Comparing Proportions in R

Does random drug testing make high school athletes less likely to use drugs. One study looked a student athletes at two similar high schools in Oregon, one that used random drug testing and another that did not. Students participated in an anonymous survey where they were asked if they were using drugs. Here is the data from the study, put into a two-way table.

drugData = matrix(c(7,27,128,114),ncol=2,byrow=T)
colnames(drugData)=c('Random drug testing','No drug testing')
rownames(drugData)=c('Used drugs','Did not use drugs')
drugData
##                   Random drug testing No drug testing
## Used drugs                          7              27
## Did not use drugs                 128             114

A bar plot lets us see clearly that a higher proportion of athletes use drugs at the school without random drug testing. But is this difference statistically significant?

barplot(drugData,legend=T)

Proportions Test

In order to test the hypotheses:

  • \(H_0: p_\text{testing} = p_\text{no testing}\)
  • \(H_A: p_\text{testing} < p_\text{no testing}\)

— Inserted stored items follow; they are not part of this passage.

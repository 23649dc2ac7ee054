// A metamodel: valid lists, kept together with the tables that answer what a class inherits.
ghost use Rattle.std.specs.Prelude.{◌≡◌, ◌≢◌, ◌<◌, ◌↔◌, length, IsTrue, IfOk, IfSome, IfNone, Contains};
ghost use Rattle.std.specs.List.Sorted.{IsStrictlyIncreasing};
ghost use Rattle.atl_base.specs.declared.numbers.ClassId.{ClassId};
ghost use Rattle.atl_base.specs.declared.numbers.FeatId.{FeatId};
ghost use Rattle.ecore_meta.specs.declared.parts.Parts.{Parts};
ghost use Rattle.ecore_meta.specs.Inheritance.{Conforms, features, name_of, IsFeaturesLaw, IsSeenLaw};
ghost use Rattle.ecore_meta.specs.Valid.{IsMetamodel};

use crate::inherited::{conformed_lists, feature_lists};
use crate::names::{Places, first_places, named_rows};
use crate::order::supers_first;
use crate::parts::{Class, EnumDef, Feature, Package, Parts, Skipped};
use atl_base::numbers::{ClassId, FeatId};
use atl_base::text::Text;
use sqlite_items::Items;
use std::alloc::{AllocError, Global};
use std::collections::HashMap;
use std::marker::Model;

/// A valid metamodel. Contracts see it as its five lists.
#[derive(Drop)]
pub struct Metamodel {
    alloc: Global,
    parts: Parts,
    // for each class the features that are seen in it
    seen: Vec<Items<FeatId>>,
    // for each class the places of the classes that it conforms to, rising
    conformed: Vec<Items<usize>>,
    // for each name of a feature the place of the first that bears it
    firsts: HashMap<String, usize>,
    // for each class its features, each under the place that its name leads to
    named: Vec<HashMap<usize, FeatId>>,
}

impl Model for Metamodel {
    ghost use Rattle.ecore_meta.specs.declared.parts.Parts.{Parts};
    ghost use Rattle.ecore_meta.specs.Tables.{AreTables};

    ghost Value = { Parts };

    ghost view = { λ m. m.parts };

    ghost invariant = { λ m. AreTables m.parts m.seen.items m.conformed.items m.firsts m.named.items };
}

impl Metamodel {
    /// The metamodel of these lists.
    pub fn new(alloc: Global, parts: Parts) -> Result<Metamodel, AllocError>
        requires { IsMetamodel parts }
        ensures { IfOk result (λ meta. meta ≡ parts) }
    {
        let classes = parts.classes.as_slice();
        let order = supers_first(alloc, classes)?;
        let seen = feature_lists(alloc, classes, &order)?;
        let conformed = conformed_lists(alloc, classes, &order)?;
        let Places { firsts, of } = first_places(alloc, parts.features.as_slice())?;
        let named = named_rows(alloc, &of, &seen)?;
        Ok(Metamodel {
            alloc,
            parts,
            seen,
            conformed,
            firsts,
            named,
        })
    }

    /// The five lists.
    pub fn parts(&self) -> &Parts
        ensures parts { result.now ≡ self.now }
        ensures valid { IsMetamodel self.now }
    {
        &self.parts
    }

    pub fn packages(&self) -> &[Package]
        ensures { result.now ≡ self.now.packages }
    {
        self.parts.packages.as_slice()
    }

    pub fn classes(&self) -> &[Class]
        ensures { result.now ≡ self.now.classes }
    {
        self.parts.classes.as_slice()
    }

    pub fn all_features(&self) -> &[Feature]
        ensures { result.now ≡ self.now.features }
    {
        self.parts.features.as_slice()
    }

    pub fn enums(&self) -> &[EnumDef]
        ensures { result.now ≡ self.now.enums }
    {
        self.parts.enums.as_slice()
    }

    pub fn skipped(&self) -> &[Skipped]
        ensures { result.now ≡ self.now.skipped }
    {
        self.parts.skipped.as_slice()
    }

    /// Whether a class is another one or inherits from it.
    pub fn conforms(&self, sub: ClassId, sup: ClassId) -> bool
        requires sub { sub.0 < length self.now.classes }
        requires sup { sup.0 < length self.now.classes }
        ensures { IsTrue result ↔ Conforms self.now.classes sub sup }
    {
        let conformed = self.conformed[sub.0 as usize].as_slice();
        conformed.binary_search(&(sup.0 as usize)).is_ok()
    }

    /// The places of the classes that a class conforms to, rising.
    pub fn conformed(&self, class: ClassId) -> &[usize]
        requires { class.0 < length self.now.classes }
        ensures each { (d : ClassId) → Contains result.now d.0 ↔ Conforms self.now.classes class d }
        ensures rising { IsStrictlyIncreasing result.now }
    {
        self.conformed[class.0 as usize].as_slice()
    }

    /// The feature of a name that is seen in a class.
    pub fn feature_of(&self, class: ClassId, name: &Text) -> Option<FeatId>
        requires { class.0 < length self.now.classes }
        ensures some { IfSome result (λ f. Contains (features self.now.classes class) f
            × (name_of self.now.features f ≡ name.now)) }
        ensures none { IfNone result ((f : FeatId) → Contains (features self.now.classes class) f
            → name_of self.now.features f ≢ name.now) }
    {
        let first = self.firsts.get(name.as_str())?;
        self.named[class.0 as usize].get(first).copied()
    }

    /// The features that are seen in a class: those of its supertypes in their order, depth first and
    /// each once, then its own.
    pub fn features(&self, class: ClassId) -> Result<Vec<FeatId>, AllocError>
        requires { class.0 < length self.now.classes }
        ensures { IfOk result (λ list. list.items ≡ features self.now.classes class) }
    {
        Vec::from_slice(self.alloc, self.features_seen(class))
    }

    /// The same, lent.
    pub fn features_seen(&self, class: ClassId) -> &[FeatId]
        requires { class.0 < length self.now.classes }
        ensures { result.now ≡ features self.now.classes class }
    {
        self.seen[class.0 as usize].as_slice()
    }
}

/// The law of the features that are seen in a class, by those of its supertypes.
pub fn features_law()
    ensures { (m : Parts) → IsMetamodel m → IsFeaturesLaw m.classes }
{}

/// What is seen in a class is what the classes declare that it conforms to.
pub fn seen_law()
    ensures { (m : Parts) → IsMetamodel m → IsSeenLaw m.classes }
{}
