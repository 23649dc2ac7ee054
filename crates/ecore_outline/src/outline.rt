// The outline of a file: all its elements that a metamodel is made of, in document order, each with the part that it has.
ghost use Rattle.std.specs.Prelude.{◌≡◌, [], ◌∷◌, ◌++◌, ◌&&◌, not, is_some, codes, if◌then◌else◌, OnOk, IfOk, List};
ghost use Rattle.doc_text.specs.declared.tree.Element.{Element as SomeElement};
ghost use Rattle.xmi_text.specs.Markup.{given as given_of, site, sub_elements, is_typed as is_typed_of, names_local as names_local_of, names as names_of, uri_in as uri_in_of};
ghost use Rattle.ecore_outline.specs.Outline.{entry, other_children, feature_children, feature_outline as feature_outline_of, feature as feature_of, class_children, enum_children, classifier as classifier_of, package_children, package_outline as package_outline_of, around_children, outline as outline_of, is_package as is_package_of, is_around as is_around_of, is_named as is_named_of, is_passed as is_passed_of, is_generic as is_generic_of, is_quiet as is_quiet_of, is_skipped as is_skipped_of, has_type as has_type_of};
ghost use Rattle.xmi_text.specs.Scopes.{scope_of, Leaves1, Leaves2, Leaves3, Leaves4, Leaves5};
ghost use Rattle.ecore_outline.specs.Entries.{entries_of};

use doc_text::XMI;
use doc_text::tree::{Child, Doc, Element};
use std::alloc::{AllocError, Global};
use xmi_text::level::Levels;
use xmi_text::markup::{ECORE, flag, given};
use xmi_text::scope::{Scope, is_typed, root_scope, within};

/// The part that an element has in a file.
#[derive(Clone, Copy, Debug, PartialEq, Eq)]
pub enum Role {
    /// The element `xmi:XMI` around packages.
    Around,
    Package,
    Class,
    Enum,
    /// A data type of the file's own.
    Data,
    Literal,
    Attribute,
    Reference,
    /// An attribute that is derived, volatile or transient.
    SkippedAttribute,
    /// Such a reference.
    SkippedReference,
    /// A child that names a supertype.
    Super,
    /// A child that stands for the type of a feature.
    TypeOf,
    SkippedType,
    SubPackage,
    /// What is not of the form.
    Stray,
}
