// Lists: a count, and so many parts, each read by a closure.
ghost use Rattle.std.specs.Prelude.{◌≡◌, ℕ};
ghost use Rattle.sheet.specs.Walk.{Walk};
ghost use Rattle.sheet.specs.declared.form.Times.TheVariants.{NonEmpty};
ghost use Rattle.sheet.specs.Form.{list_form, times_form};
ghost use Rattle.accept_exprs.specs.Read.{list_in, some_in};
ghost use Rattle.accept_fields.specs.Counted.{Reads};

use recorder::number::PAYLOAD_SIZE;
use recorder::word::payload_at;
use sheet::form::{Kind, LineForm, Walk};
use sheet::leaf::{non_empty_form, take_word};

// A count, and so many.
#[tactic(auto, unfolding(sheet::specs::Form::list_form, sheet::specs::Form::repeat_form))]
pub(crate) fn list_form<F: Fn(usize) -> Walk>(form: &LineForm, at: usize, each: F) -> Walk
    requires { F.IsAlwaysCallable each }
    ensures { (f : ℕ → Walk) → Reads (F.post each) f → result ≡ list_in form.now 0 f at }
{
    let mut p = take_word(form.sheet, Kind::Count, PAYLOAD_SIZE, at)?;
    for _ in 0..payload_at(form.sheet, at) {
        p = each(p)?;
    }
    Ok(p)
}

// A count of at least one, and so many.
#[tactic(auto, unfolding(sheet::specs::Form::times_form))]
pub(crate) fn some_form<F: Fn(usize) -> Walk>(form: &LineForm, at: usize, each: F) -> Walk
    requires { F.IsAlwaysCallable each }
    ensures { (f : ℕ → Walk) → Reads (F.post each) f → result ≡ some_in form.now 0 f at }
{
    non_empty_form(form.sheet, at)?;
    list_form(form, at, each)
}
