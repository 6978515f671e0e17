// The direct walk's middle: the lists and the fields of statements.
#![tactic(auto)]

pub mod field;
pub mod list;
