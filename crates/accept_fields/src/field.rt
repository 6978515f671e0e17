// The fields of statements, by a function for each shape that has more than one; the table of the form is the definition that
// they follow.
// left falls at each node and at is what the call before gave, so neither is in form: it would be made anew for each call.
#![tactic(auto, unfolding(sheet::specs::Form::fields_form, sheet::specs::Form::field_form, sheet::specs::Form::times_form, sheet::specs::Form::pair_form, sheet::specs::Form::item_form), using(accept_exprs::proofs::Fields::one_is, accept_exprs::proofs::Fields::last_is, walk::proofs::Lines::then_behind, walk::proofs::Lines::alone))]

ghost use Rattle.std.specs.Prelude.{◌≡◌};
ghost use Rattle.sheet.specs.declared.form.Item.TheVariants.{Range as range, Source as source, Element as element};
ghost use Rattle.sheet.specs.declared.form.Shape.TheVariants.{Op2, Op3, Set, Def, Field, For, GoTo, If, Input, Locate, On, Open, Swap, Write};
ghost use Rattle.sheet.specs.Table.{expr, optional₂};
ghost use Rattle.sheet.specs.Shapes.{shape_fields};
ghost use Rattle.accept_exprs.specs.Read.{item_in, field_in, fields_in};

use crate::list::{list_form, some_form};
use accept_exprs::expr::{expr_form, exprs_form, optional_expr_form, place_form};
use recorder::word::payload_at;
use sheet::form::{ElementKind, Kind, LineForm, Shape, Sort, SourceKind, Walk};
use sheet::leaf::{absent_form, is_absent, optional_label_form, take_word};

// GET, PUT, POKE, FPUTC: two expressions. two_form, swap_form and locate_form differ in what they read: a function over that would take
// a closure, and be no shorter.
fn two_form(form: &LineForm, left: usize, at: usize) -> Walk
    ensures { result ≡ fields_in form.now left (shape_fields Op2) at }
{
    let p = expr_form(form, left, at)?;
    expr_form(form, left, p)
}

// FREAD, FWRITE: three.
fn three_form(form: &LineForm, left: usize, at: usize) -> Walk
    ensures { result ≡ fields_in form.now left (shape_fields Op3) at }
{
    let p = expr_form(form, left, at)?;
    two_form(form, left, p)
}

// LET, LSET, RSET: a place and its value.
fn set_form(form: &LineForm, left: usize, at: usize) -> Walk
    ensures { result ≡ fields_in form.now left (shape_fields Set) at }
{
    let p = place_form(form, left, Sort::Place, at)?;
    expr_form(form, left, p)
}

// SWAP: two places.
fn swap_form(form: &LineForm, left: usize, at: usize) -> Walk
    ensures { result ≡ fields_in form.now left (shape_fields Swap) at }
{
    let p = place_form(form, left, Sort::Place, at)?;
    place_form(form, left, Sort::Place, p)
}

// DEF: its name, its parameter, its body.
fn def_form(form: &LineForm, left: usize, at: usize) -> Walk
    ensures { result ≡ fields_in form.now left (shape_fields Def) at }
{
    let p = form.optional_name_form(at)?;
    let q = form.optional_name_form(p)?;
    expr_form(form, left, q)
}

// FIELD: a file, then lengths and variables.
fn field_form(form: &LineForm, left: usize, at: usize) -> Walk
    ensures { result ≡ fields_in form.now left (shape_fields Field) at }
{
    let p = expr_form(form, left, at)?;
    some_form(form, p, |q| {
        let v = expr_form(form, left, q)?;
        place_form(form, left, Sort::Place, v)
    })
}

// FOR: its counter, start and end, and a step or none.
fn for_form(form: &LineForm, left: usize, at: usize) -> Walk
    ensures { result ≡ fields_in form.now left (shape_fields For) at }
{
    let p = form.optional_name_form(at)?;
    let q = expr_form(form, left, p)?;
    let e = expr_form(form, left, q)?;
    optional_expr_form(form, left, e)
}

// GOTO: whether the keyword is written, and its target. It has no node, so it is read the same with any depths left.
#[tactic(auto, unfolding(sheet::specs::Form::label_form, sheet::specs::Form::fields_form, sheet::specs::Form::field_form, sheet::specs::Form::times_form, sheet::specs::Form::pair_form, sheet::specs::Form::item_form), using(accept_exprs::proofs::Fields::one_is, accept_exprs::proofs::Fields::last_is, walk::proofs::Lines::then_behind, walk::proofs::Lines::alone))]
fn goto_form(form: &LineForm, at: usize) -> Walk
    ensures { result ≡ fields_in form.now 0 (shape_fields GoTo) at }
{
    let p = take_word(form.sheet, Kind::Flag, 2, at)?;
    form.label_form(p)
}

// INPUT's source: the keyboard, the keyboard and a prompt, or a file.
#[tactic(auto, unfolding(sheet::specs::Form::fields_form, sheet::specs::Form::field_form, sheet::specs::Form::times_form, sheet::specs::Form::pair_form, sheet::specs::Form::item_form), using(sheet::proofs::Cases::keyboard_number, sheet::proofs::Cases::prompt_number, walk::proofs::Skips::file_two, accept_exprs::proofs::Fields::one_is, accept_exprs::proofs::Fields::last_is, walk::proofs::Lines::then_behind, walk::proofs::Lines::alone))]
fn source_form(form: &LineForm, left: usize, at: usize) -> Walk
    ensures { result ≡ item_in form.now left source at }
{
    let p = take_word(form.sheet, Kind::Source, 3, at)?;
    match SourceKind::of(payload_at(form.sheet, at)) {
        SourceKind::Keyboard => Ok(p),
        SourceKind::KeyboardWithPrompt => form.text_form(p),
        SourceKind::File => expr_form(form, left, p),
    }
}

// INPUT: where it reads from, and its places.
fn input_form(form: &LineForm, left: usize, at: usize) -> Walk
    ensures { result ≡ fields_in form.now left (shape_fields Input) at }
{
    let p = source_form(form, left, at)?;
    some_form(form, p, |q| place_form(form, left, Sort::InputPlace, q))
}

// LOCATE: a row and a column, each of which may be absent.
fn locate_form(form: &LineForm, left: usize, at: usize) -> Walk
    ensures { result ≡ fields_in form.now left (shape_fields Locate) at }
{
    let p = optional_expr_form(form, left, at)?;
    optional_expr_form(form, left, p)
}

// ON: its condition, its targets, and whether they are GOSUBs.
fn on_form(form: &LineForm, left: usize, at: usize) -> Walk
    ensures { result ≡ fields_in form.now left (shape_fields On) at }
{
    let p = expr_form(form, left, at)?;
    let q = some_form(form, p, |t| {
        let l = form.range_form(t)?;
        optional_label_form(form.sheet, l)
    })?;
    take_word(form.sheet, Kind::Flag, 2, q)
}

// OPEN's LEN: absent, or a range and an expression. The test for absent stands in each form: absent_form says why.
fn len_form(form: &LineForm, left: usize, at: usize) -> Walk
    ensures { result ≡ field_in form.now left (optional₂ range expr) at }
{
    if is_absent(form.sheet, at) {
        return absent_form(form.sheet, at);
    }
    let p = form.range_form(at)?;
    expr_form(form, left, p)
}

// OPEN: name, mode, file number, LEN.
fn open_form(form: &LineForm, left: usize, at: usize) -> Walk
    ensures { result ≡ fields_in form.now left (shape_fields Open) at }
{
    let p = expr_form(form, left, at)?;
    let q = take_word(form.sheet, Kind::Mode, 6, p)?;
    let e = expr_form(form, left, q)?;
    len_form(form, left, e)
}

// PRINT's element: an expression, or the range of a comma or a semicolon.
#[tactic(auto, unfolding(sheet::specs::Form::fields_form, sheet::specs::Form::field_form, sheet::specs::Form::times_form, sheet::specs::Form::pair_form, sheet::specs::Form::item_form), using(sheet::proofs::Cases::value_number, sheet::proofs::Cases::mark_number, accept_exprs::proofs::Fields::one_is, accept_exprs::proofs::Fields::last_is, walk::proofs::Lines::then_behind, walk::proofs::Lines::alone))]
fn element_form(form: &LineForm, left: usize, at: usize) -> Walk
    ensures { result ≡ item_in form.now left element at }
{
    let p = take_word(form.sheet, Kind::Element, 3, at)?;
    match ElementKind::of(payload_at(form.sheet, at)) {
        ElementKind::Expr => expr_form(form, left, p),
        ElementKind::Comma | ElementKind::Semicolon => form.range_form(p),
    }
}

// WRITE: a file or none, and its values, each with a flag that says whether a comma stands behind it.
fn write_form(form: &LineForm, left: usize, at: usize) -> Walk
    ensures { result ≡ fields_in form.now left (shape_fields Write) at }
{
    let p = optional_expr_form(form, left, at)?;
    some_form(form, p, |q| {
        let v = expr_form(form, left, q)?;
        take_word(form.sheet, Kind::Flag, 2, v)
    })
}

// The fields of a statement of a shape; of an IF only the condition. The arms' functions take parameters
// of their own; a table of function pointers would lose which one is called.
#[tactic(auto, unfolding(sheet::specs::Form::label_form, sheet::specs::Form::fields_form, sheet::specs::Form::field_form, sheet::specs::Form::times_form, sheet::specs::Form::pair_form, sheet::specs::Form::item_form), using(accept_exprs::proofs::Fields::one_is, accept_exprs::proofs::Fields::last_is, walk::proofs::Lines::then_behind, walk::proofs::Lines::alone))]
pub fn plain_form(form: &LineForm, left: usize, s: Shape, at: usize) -> Walk
    ensures { (s ≡ If → ⊥) → result ≡ fields_in form.now left (shape_fields s) at }
{
    match s {
        Shape::NoOp | Shape::Op0 | Shape::System => Ok(at),
        Shape::Rem | Shape::Run => form.range_form(at),
        Shape::Op1 | Shape::While | Shape::If => expr_form(form, left, at),
        Shape::Op2 => two_form(form, left, at),
        Shape::Op3 => three_form(form, left, at),
        Shape::Draw | Shape::Dim | Shape::Load => exprs_form(form, left, at),
        Shape::Set | Shape::Let => set_form(form, left, at),
        Shape::Data => some_form(form, at, |q| form.datum_form(q)),
        Shape::Def => def_form(form, left, at),
        Shape::Field => field_form(form, left, at),
        Shape::For => for_form(form, left, at),
        Shape::GoSub | Shape::Restore => form.label_form(at),
        Shape::GoTo => goto_form(form, at),
        Shape::Input => input_form(form, left, at),
        Shape::Locate => locate_form(form, left, at),
        Shape::Next => list_form(form, at, |q| { form.optional_name_form(q) }),
        Shape::On => on_form(form, left, at),
        Shape::Open => open_form(form, left, at),
        Shape::Print => list_form(form, at, |q| element_form(form, left, q)),
        Shape::Read => some_form(form, at, |q| place_form(form, left, Sort::Place, q)),
        Shape::Swap => swap_form(form, left, at),
        Shape::Write => write_form(form, left, at),
    }
}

We use the R command prop.test().

prop.test(drugData,alternative="less")
## 
##  2-sample test for equality of proportions with continuity
##  correction
## 
## data:  drugData
## X-squared = 11.191, df = 1, p-value = 0.000411
## alternative hypothesis: less
## 95 percent confidence interval:
##  -1.0000000 -0.1805903
## sample estimates:
##    prop 1    prop 2 
## 0.2058824 0.5289256

As you can see, the results are very significant, so we can safely conclude that the difference in drug use at the two high schools is not a random fluke. We cannot assume that the difference is due to the drug testing. There might be other lurking variables that could be causing the difference. Can you think of any possible confounding variables (i.e., lurking variables that are associated with both drug use and whether a school uses random drug testing)?